Limits

I was listening an old Desert Island Discs podcast where Kirsty Young interviewed Miranda Hart. Miranda said that while she’s cast away on the desert island, she will structure her day and start by singing her school hymn. Her motto is to ‘Relax within a structure’. That phrase struck me for some reason and caused me to reflect on living life within limits. It led me to consider what is a common theme that clients bring, which is their struggle to find their place in life when an event or limit is placed on them. Within the restrictions, they want to not only find their place but take and own their space. limits

We constantly limit ourselves. We carry so many expectations around with us based on need to fit in, belong, achieve, be successful, and have ‘enough’ but often we don’t stop to think about what exactly ‘enough’ is. There too are some who keep resetting the goal post so ‘enough’ is always out of reach resulting in that constantly emptying feeling that they should always be doing more but always feeling they’re failing and falling short. Do we really need to be the most popular, most liked, most interesting, most successful, most promoted, most energetic, most good looking? What is the measure, who is measuring and to what end? What do you give up in order to aim for that? Have you taken a moment to consider whether you really want to choose those limits for yourself and whether you want to continue taking them on? Have these expectations been handed to you by your family? By previous generations? By the socio-political or cultural environment within which you live?

The all encompassing (perhaps depressingly factual) limit of our lives is that our birth leads eventually to our death. Within that structure, time is always limited. What is it that brings meaning to your life? What is it that you live for? This need not be such a huge, overwhelming philanthropic goal like ending world hunger – though it very well could be! You can start smaller with the more easily achieved goals such making a difference in just one person’s life. It could be as simple asking someone with genuine interest how they are if they are looking upset. That one moment can make a huge difference in that person’s life.

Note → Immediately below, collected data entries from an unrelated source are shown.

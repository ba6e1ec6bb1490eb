//! How soon a server purges again.

ghost use Rattle.std.specs.Prelude.{◌≡◌, ◌/◌, ◌≤◌, true, nat_lt, IfSome, IfNone};
ghost use Rattle.std.specs.Duration.{as_nanos};
ghost use Rattle.path_server.specs.Pacing.{most_parts, parts_after};

use std::time::Duration;

/// The most rows that a purge drops where the next one comes after as long a time. A row takes some
/// 15 µs at a million rows, and commands wait for it.
pub(crate) const MANY: u64 = 250;

// The pages say 250, and half of it.
const _: () = prove!(MANY == 250);

/// The time from one purge to the next: a part of a period, which is shorter while purges drop many
/// rows, and a second at least where the period is.
#[derive(Drop)]
pub(crate) struct Pace {
    period: Duration,
    /// The most parts into which the period is cut.
    most: u32,
    /// The parts into which it is cut now.
    parts: u32,
    /// Whether the next purge may drop many rows: it is the first one, or the one before did.
    expects_many: bool,
    ghost seconds: { most ≡ most_parts (as_nanos period) },
    ghost some: { 1 ≤ parts },
    ghost few: { parts ≤ most },
}

impl Pace {
    /// The whole of a period. Its parts are no more than its seconds.
    #[tactic(auto, unfolding(crate::specs::Pacing::most_parts))]
    pub(crate) fn new(period: Duration) -> Pace
        ensures whole { (result.period ≡ period) × (result.parts ≡ 1) × (result.expects_many ≡ true) }
        ensures most { result.most ≡ most_parts (as_nanos period) }
    {
        Pace {
            period,
            most: u32::try_from(period.as_secs()).unwrap_or(u32::MAX).max(1),
            parts: 1,
            expects_many: true,
        }
    }

    /// Whether the next purge may drop many rows: it is the first one, or the one before did.
    pub(crate) fn expects_many(&self) -> bool
        ensures { result ≡ self.now.expects_many }
    {
        self.expects_many
    }

    /// The time until the next purge: a part of the period, and a second at least where it is.
    #[tactic(auto, using(crate::proofs::Paces::second_at_least))]
    pub(crate) fn rest(&self) -> Duration
        ensures part { as_nanos result ≡ as_nanos self.now.period / self.now.parts }
        ensures second { 1_000_000_000 ≤ as_nanos self.now.period → 1_000_000_000 ≤ as_nanos result }
    {
        self.period.checked_div(self.parts).unwrap_or(self.period)
    }

    /// Notes the number of rows that a purge has dropped, or `None` where it was refused, which
    /// changes nothing: what has expired is still to be dropped. After more than 250 rows the rest
    /// is shorter, so that about 250 expire within it. After 125 and fewer it is twice as long, up
    /// to the period.
    #[tactic(auto, unfolding(crate::specs::Pacing::parts_after))]
    pub(crate) fn note(&mut self, dropped: Option<u32>)
        ensures parts { IfSome dropped (λ rows. self.new.parts ≡ parts_after rows self.old.most self.old.parts) }
        ensures expects { IfSome dropped (λ rows. self.new.expects_many ≡ nat_lt MANY rows) }
        ensures same { (self.new.period ≡ self.old.period) × (self.new.most ≡ self.old.most) }
        ensures refused { IfNone dropped (self.new ≡ self.old) }
    {
        let Some(dropped) = dropped else {
            return;
        };
        let (dropped, parts) = (u64::from(dropped), u64::from(self.parts));
        let wanted = if dropped > MANY {
            (parts * (dropped / MANY + 1)).min(u64::from(self.most))
        } else if dropped > MANY / 2 {
            parts
        } else {
            (parts / 2).max(1)
        };
        self.parts = wanted as u32;
        self.expects_many = dropped > MANY;
    }
}
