//! Which moments of the machine's clock a server's own purges trust.

ghost use Rattle.std.specs.Prelude.{◌≡◌};
ghost use Rattle.path_server.specs.Trusting.{expected, judged_by, begun, confirmed};

use std::fmt;
use std::fmt::{Display, Formatter};

/// The most half seconds by which the machine's clock may differ from what is expected of it: a
/// minute.
const LEEWAY: u64 = 120;

/// The most half seconds that the machine's clock may be after the newest timestamp of the store,
/// to be trusted at a start: a day.
const LONGEST_PAUSE: u64 = 172_800;

/// A moment of the machine's clock, and that of a steady clock then. Both are in half seconds. An
/// anchor is such a reading, whose moment was trusted.
#[derive(Clone, Copy, Debug, PartialEq, Eq)]
pub(crate) struct Reading {
    pub(crate) moment: u64,
    pub(crate) steady: u64,
}

/// Why a moment of the machine's clock is not trusted.
#[derive(Clone, Copy, Debug, PartialEq, Eq)]
pub enum Doubt {
    /// No moment was trusted yet.
    Unknown,
    /// The clock is this number of seconds ahead of the time that has passed since it was trusted.
    Ahead(u64),
    /// The clock is this number of seconds behind that time.
    Behind(u64),
}

impl Reading {
    /// This reading with the moment that is trusted by an anchor: the clock's, or the expected one
    /// where that is before it. The error is that the two differ by more than a minute.
    pub(crate) fn judged_by(self, anchor: Reading) -> Result<Reading, Doubt>
        ensures { result ≡ judged_by (expected anchor self.steady) self }
    {
        let passed = self.steady.saturating_sub(anchor.steady);
        let expected = anchor.moment.saturating_add(passed);
        let ahead = self.moment.saturating_sub(expected);
        let behind = expected.saturating_sub(self.moment);
        if ahead > LEEWAY {
            return Err(Doubt::Ahead(ahead / 2));
        }
        if behind > LEEWAY {
            return Err(Doubt::Behind(behind / 2));
        }
        Ok(Reading {
            moment: self.moment.min(expected),
            steady: self.steady,
        })
    }

    /// The first anchor, where the clock is at most a day after the newest timestamp of a store, in
    /// half seconds since 1970.
    pub(crate) fn begun(self, newest: u64) -> Option<Reading>
        ensures { result ≡ begun newest self }
    {
        if self.moment.saturating_sub(newest) > LONGEST_PAUSE {
            return None;
        }
        Some(self)
    }

    /// The anchor by the moment of a purge that a session asked for, in half seconds since 1970,
    /// where it differs from the clock by at most a minute.
    pub(crate) fn confirmed(self, asked: u64) -> Option<Reading>
        ensures { result ≡ confirmed asked self }
    {
        if self.moment.abs_diff(asked) > LEEWAY {
            return None;
        }
        Some(self)
    }
}

impl Display for Doubt {
    fn fmt<W: fmt::Write>(&self, f: &mut Formatter<W>) -> fmt::Result {
        match self {
            Doubt::Unknown => write!(f, "the clock is more than a day after the newest segment"),
            Doubt::Ahead(seconds) => write!(
                f,
                "the clock is {seconds} s ahead of the time that has passed"
            ),
            Doubt::Behind(seconds) => write!(
                f,
                "the clock is {seconds} s behind the time that has passed"
            ),
        }
    }
}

You are the centre of the life you are living and your life only belongs to you. Within all of the pressures and expectations external to you and those you give yourself, give yourself permission to take time to appreciate, to feel satisfaction in even the smallest of things that you do. It’s so easy to always feel less than, it’s worth keeping that balance in check and more reflective of the truth. To someone else in any moment, you probably mean more to them than you realise. Be limitless and appreciate all of who you are and all that you do.